My question is, what obligations would I have to tell the house-sitter about my guns (unloaded, in the safe, in the closet) and what responsibility would I assume since she is not yet 21?

I'm imagining worst-case scenarios where someone breaks in and steals the guns. Or she somehow gets the crazy idea to break into my safe and mess around with the guns (totally not likely, but my imagination is bonkers). What laws apply and what are the risks?
 
I came across a situation earlier this month that has left me curious. I was considering going out of town for a long weekend and getting one of my daughter's college-aged friends to housesit for me. The potential house-sitter is 20 years old, reliable, and I've known her for years.

My question is, what obligations would I have to tell the house-sitter about my guns (unloaded, in the safe, in the closet) and what responsibility would I assume since she is not yet 21?

I'm imagining worst-case scenarios where someone breaks in and steals the guns.
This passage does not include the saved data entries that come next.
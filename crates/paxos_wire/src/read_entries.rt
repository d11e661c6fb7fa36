//! Entries, read from the front of bytes: a command with its slot and its ballot.

ghost use Rattle.std.specs.Prelude.{◌+◌, ◌≤◌, ◌<◌, IfSome};
ghost use Rattle.paxos_wire.specs.Reading.{Gives, entry_at, entry_within, entries_at};

use crate::entries::Entries;
use crate::entry::Entry;
use crate::limits::{SLOTS, WINDOW};
use crate::read_command_bytes::read_command;
use crate::read_numbers::{read_ballot, read_slot};
use crate::version::Version;

/// An entry, and the bytes after it.
#[tactic(auto, unfolding(crate::specs::Reading::entry_at))]
fn read_entry(version: Version, bytes: &[u8]) -> Option<(Entry, &[u8])>
    ensures { Gives (λ x. (x.0, x.1.now)) result (entry_at version bytes.now) }
{
    let (slot, rest) = read_slot(bytes)?;
    let (ballot, rest) = read_ballot(version, rest)?;
    let Some((command, rest)) = read_command(rest) else {
        return None;
    };
    Some((
        Entry {
            slot,
            ballot,
            command,
        },
        rest,
    ))
}

/// An entry with a slot from `from` on and below `limit`, and the bytes after it.
#[tactic(auto, unfolding(crate::specs::Reading::entry_within))]
fn read_entry_within(
    version: Version,
    from: u32,
    limit: u32,
    bytes: &[u8],
) -> Option<(Entry, &[u8])>
    ensures below { IfSome result (λ x. x.0.slot < limit) }
    ensures exact { Gives (λ x. (x.0, x.1.now)) result (entry_within version from limit bytes.now) }
{
    let Some((entry, rest)) = read_entry(version, bytes) else {
        return None;
    };
    if from <= entry.slot && entry.slot < limit {
        Some((entry, rest))
    } else {
        None
    }
}

/// `count` entries, with slots that rise from `slot` on and stay below its 64 slots, and the bytes after them.
pub(crate) fn read_entries(
    version: Version,
    slot: u32,
    count: u8,
    bytes: &[u8],
) -> Option<(Entries, &[u8])>
    requires slot { slot < SLOTS }
    requires count { count ≤ WINDOW }
    ensures { Gives (λ x. (x.0, x.1.now)) result (entries_at version count slot (slot + WINDOW) bytes.now) }
{
    let limit = slot + WINDOW as u32;
    let mut entries = Entries::new();
    let mut from = slot;
    let mut rest = bytes;
    for _ in 0..count {
        let Some((entry, after)) = read_entry_within(version, from, limit, rest) else {
            return None;
        };
        let slot = entry.slot;
        entries.push(entry);
        from = slot + 1;
        rest = after;
    }
    Some((entries, rest))
}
Or she somehow gets the crazy idea to break into my safe and mess around with the guns (totally not likely, but my imagination is bonkers). What laws apply and what are the risks?
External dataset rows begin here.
ghost use Rattle.std.specs.Prelude.{◌≡◌, IfOk};
ghost use Rattle.paxos_wire.specs.Fits.{IsMessage};

use crate::laws::frames_read_back;
use crate::message::Message;
use crate::message_room::MessageRoom;
use crate::read_frames::message_of_frame;
use crate::write_frames::encode;
use std::alloc::{AllocError, Global};
use std::marker::Model;

/// A message that borrows nothing: its frame is kept.
///
/// Contracts see it as the message.
#[derive(Debug, Drop)]
pub struct KeptMessage {
    frame: Vec<u8>,
}

impl Model for KeptMessage {
    ghost use Rattle.paxos_wire.specs.declared.message.Message.{Message};

    ghost Value = { Message };

    ghost use Rattle.paxos_wire.specs.KeptInside.{IsKept, message_in};

    ghost view = { message_in };

    ghost invariant = { IsKept };
}

impl KeptMessage {
    /// Keeps a message. An `Err` comes only where memory was refused.
    pub fn of(alloc: Global, message: &Message) -> Result<KeptMessage, AllocError>
        requires { IsMessage message.now }
        ensures { IfOk result (λ kept. kept ≡ message.now) }
    {
        frames_read_back();
        let mut frame = Vec::new(alloc);
        encode(&mut frame, message)?;
        Ok(KeptMessage { frame })
    }

    /// The message, whose lists stand in the room.
    pub fn read<'a>(&self, room: &'a mut MessageRoom) -> Message<'a>
        ensures { result ≡ self.now }
    {
        match message_of_frame(&self.frame, room) {
            Ok(message) => message,
            Err(_) => unreachable!(),
        }
    }
}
Unless she has access to the safe, she does not need to know what is in the safe. If she cannot get access to the firearms, her age is of no concern.
If you have that little faith in your safe, methinks it is time for a safe upgrade.
Best,
Gary
 
Unless she has access to the safe, she does not need to know what is in the safe. If she cannot get access to the firearms, her age is of no concern.
If you have that little faith in your safe, methinks it is time for a safe upgrade.
Best,
Gary
This all hypothetical 😁 But you answered my primary question - would I need to tell her what's in the safe?
 
This all hypothetical 😁 But you answered my primary question - would I need to tell her what's in the safe?
Absolutely not. Would you tell her what's in your bank account? Or what meds are in your bathroom? People don't need to know your business.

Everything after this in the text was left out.